CleanData.drop_duplicate_rows

Use to drop duplicate rows from the input dataframe. Performs the following steps:

Exclude variables of the “Index” category from the duplicate search
Make a working copy of the input dataframe
Get the index of duplicate rows
Drop the duplicate rows from the dataframe
Get the dropped rows from the original dataframe and save them as an excel file (CleanData.dropped_duplicated_rows_filename)
Update the new filename and the new input dataframe (suffix used: CleanData.suffix_dropped_duplicated_rows)

CleanData.drop_duplicate_rows()

Parameters None.

Returns None.

Notes

Updated dataframe can be found as CleanData.clean_df.
A copy of the cleaned data can be found in the folder CleanData.train_data_path, with a suffix CleanData.suffix_dropped_duplicated_rows.
A record of the dropped rows can be found in the folder CleanData.train_data_path, with the filename CleanData.dropped_duplicated_rows_filename.

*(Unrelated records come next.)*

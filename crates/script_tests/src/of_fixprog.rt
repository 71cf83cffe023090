//! Programs with their scripts or first faults, worked out by hand.

use crate::equals::holds;
use fixprog::fault::{ProgFault, ProgKind, ProgStop};
use fixprog::turn::turn;
use std::alloc::Global;

fn is_turned(alloc: Global, text: &[u8], script: &str) -> bool {
    match turn(alloc, text) {
        Ok(turned) => turned.text.as_str() == script,
        Err(_) => false,
    }
}

fn is_fault(alloc: Global, text: &[u8], kind: ProgKind, at: u32) -> bool {
    match turn(alloc, text) {
        Err(ProgStop::Fault(fault)) => fault == ProgFault { kind, at },
        _ => false,
    }
}

#[test]
fn programs_have_their_scripts(rt: HostRuntime) {
    const ROWS: &[(&[u8], &str)] = &[
        (
            b"in x : s16.15 [0,0.5]; y : s16.15 dn = x * x; out y;",
            "y = fixed<-15,dn>(x * x);\n\
             { x in [0, 0.5] /\\ @FIX(x,-15) -> y in [-32768b-15, 32767b-15] /\\ y in ? }\n",
        ),
        (
            b"in x:s016.0[ -1 , +2 ];y:u1.60 nu=-x;z:s60.3 zr=y >> 5;w:s8.8 od=3b2<<0;out x;out w;",
            "y = fixed<-60,nu>(-x);\n\
             z = fixed<-3,zr>(y * 1b-5);\n\
             w = fixed<-8,od>(3b2 * 1b0);\n\
             { x in [-1, +2] /\\ @FIX(x,0) -> y in [0b-60, 1b-60] /\\ \
             z in [-576460752303423488b-3, 576460752303423487b-3] /\\ w in [-128b-8, 127b-8] /\\ \
             x in ? /\\ w in ? }\n",
        ),
        (
            b"in x : s4.2 [1,1]; y : s4.2 dn = x >> 0; out y; # c",
            "y = fixed<-2,dn>(x * 1b-0);\n\
             { x in [1, 1] /\\ @FIX(x,-2) -> y in [-8b-2, 7b-2] /\\ y in ? }\n",
        ),
        (
            b"y:u3.1 ne=3;out y;",
            "y = fixed<-1,ne>(3);\n{ y in [0b-1, 7b-1] /\\ y in ? }\n",
        ),
    ];
    for (text, script) in ROWS {
        holds(&rt, *text, is_turned(rt.alloc(), *text, script));
    }
}

#[test]
fn texts_have_their_faults(rt: HostRuntime) {
    const ROWS: &[(&[u8], ProgKind, u32)] = &[
        // one of each kind
        (b"in x\xff", ProgKind::NotText, 4),
        (b"in x:u1.0[0,1];out x;!", ProgKind::BadToken, 21),
        (b"in x:u1.0[0,1];", ProgKind::Unexpected, 15),
        (b"in x:u61.0[9,0];out x;", ProgKind::BadFormat, 5),
        (b"out x;", ProgKind::Undefined, 4),
        (b"in x:u1.0[0,1];x:u1.0 dn=x;out x;", ProgKind::NameUsed, 15),
        (b"in x : s16.15 [0,1]; out x;", ProgKind::BadRange, 17),
        (b"y:u1.0 dn=1e-99;out y;", ProgKind::LiteralLimit, 10),
        (b"y:u1.0 ff=1;out y;", ProgKind::BadDirection, 7),
        (b"y:u1.0 dn=1<<64;out y;", ProgKind::Limit, 13),
        // one past a limit
        (b"in x:u0.1[0,0];out x;", ProgKind::BadFormat, 5),
        (b"in x:u1.61[0,0];out x;", ProgKind::BadFormat, 5),
        (b"in x:s1.0[-1,1];out x;", ProgKind::BadRange, 13),
        (b"in x:u4.2[-0.25,3.75];out x;", ProgKind::BadRange, 10),
        (b"in x:u4.2[0,3.8];out x;", ProgKind::BadRange, 12),
        (
            b"in xxxxxxxxxxxxxxxxxxxxxxxxxxxxxxxxx:u1.0[0,1];out y;",
            ProgKind::Limit,
            3,
        ),
        (
            b"y:u1.0 dn=1234567890123456789012345678901;out y;",
            ProgKind::LiteralLimit,
            10,
        ),
        // of two at one byte, and of two bytes
        (
            b"out xxxxxxxxxxxxxxxxxxxxxxxxxxxxxxxxx;",
            ProgKind::Undefined,
            4,
        ),
        (b"x:s4.2 ff=1+2;out x;y", ProgKind::BadDirection, 7),
        (b"in x:u1.0[1,0];out x;", ProgKind::BadRange, 12),
        // words out of place
        (b"", ProgKind::Unexpected, 0),
        (
            b"in x:u1.0[0,1];y:u1.0 in=x;out y",
            ProgKind::BadDirection,
            22,
        ),
        (b"y:u2.0 dn=y-y;out y;", ProgKind::Undefined, 10),
        (b"in x:u1.0[0,1]$;out x;", ProgKind::Unexpected, 14),
        (b"in x:u1.0[0 \\ ,1];out x;", ProgKind::BadToken, 12),
        (b"x:s4 .2 dn=1;out x;", ProgKind::Unexpected, 2),
        (b"in out:u1.0[0,1];out x;", ProgKind::Unexpected, 3),
        (b"y:u1.0 dn=2*1x;out y;", ProgKind::BadToken, 12),
        (b"y:u1.0 dn=1>>0.5;out y;", ProgKind::Unexpected, 13),
        (
            b"y:u1.0 dn=1;in x:u1.0[0,1];out y;",
            ProgKind::Unexpected,
            12,
        ),
        (b"y:u1.0 dn=1;out y;y", ProgKind::Unexpected, 18),
    ];
    for (text, kind, at) in ROWS {
        holds(&rt, *text, is_fault(rt.alloc(), *text, *kind, *at));
    }
}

Relevant Definitions Settings

SUFFIX_DROPPED_DUPLICATED_ROWS: suffix to append to the end of the output filename of the input data. E.g. “DD”
OUTPUT_DROPPED_DUPLICATED_ROWS_FILENAME: output file name to store the duplicated rows which have been dropped. E.g. “rowsRemoved.xlsx”.

Examples

See Example cleanData for detailed setup and outputs.